// The ranges that every layer shares, each a constant and a test.
ghost use Rattle.std.specs.Prelude.{◌≡◌};
ghost use Rattle.amounts.specs.Ranges.{account_exists, area_exists, band_exists, price_in_range};
ghost use Rattle.amounts.specs.Ranges.{within as in_limit};

// Accounts are numbered from 0.
pub const ACCOUNTS: u8 = 64;

// The account of the infrastructure manager.
pub const INFRASTRUCTURE_MANAGER: u8 = 0;

// Areas are numbered from 0.
pub const AREAS: u8 = 20;

// Time bands are numbered from the first to the last.
pub const FIRST_BAND: u8 = 1;

pub const LAST_BAND: u8 = 7;

// The highest price, in thousandths of a penny per kWh.
pub const MAX_PRICE: u32 = 100_000;

pub fn account_exists(account: u8) -> bool
    ensures { result ≡ account_exists account }
{
    account < ACCOUNTS
}

pub fn area_exists(area: u8) -> bool
    ensures { result ≡ area_exists area }
{
    area < AREAS
}

pub fn band_exists(band: u8) -> bool
    ensures { result ≡ band_exists band }
{
    (FIRST_BAND..=LAST_BAND).contains(&band)
}

pub fn price_in_range(price: u32) -> bool
    ensures { result ≡ price_in_range price }
{
    price <= MAX_PRICE
}

// Whether the amount is at most the limit, up or down.
pub fn within(amount: i64, limit: u64) -> bool
    ensures { result ≡ in_limit amount limit }
{
    amount.unsigned_abs() <= limit
}
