// Units, ranges, rounding and the shape of a refusal: what every layer above speaks of.
#![tactic(auto)]

mod divisor;
mod fault;
mod printed;
mod quotient;
mod ranges;
mod refusal;

pub use divisor::Divisor;
pub use fault::Fault;
pub use quotient::{cut, rounded};
pub use ranges::{
    ACCOUNTS, AREAS, FIRST_BAND, INFRASTRUCTURE_MANAGER, LAST_BAND, MAX_PRICE, account_exists,
    area_exists, band_exists, price_in_range, within,
};
pub use refusal::{Layer, Refusal};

# TASK REQUIREMENTS
State how many lines in the entries hold "quotient", please, with no other words.

# COMPLETED TASK
2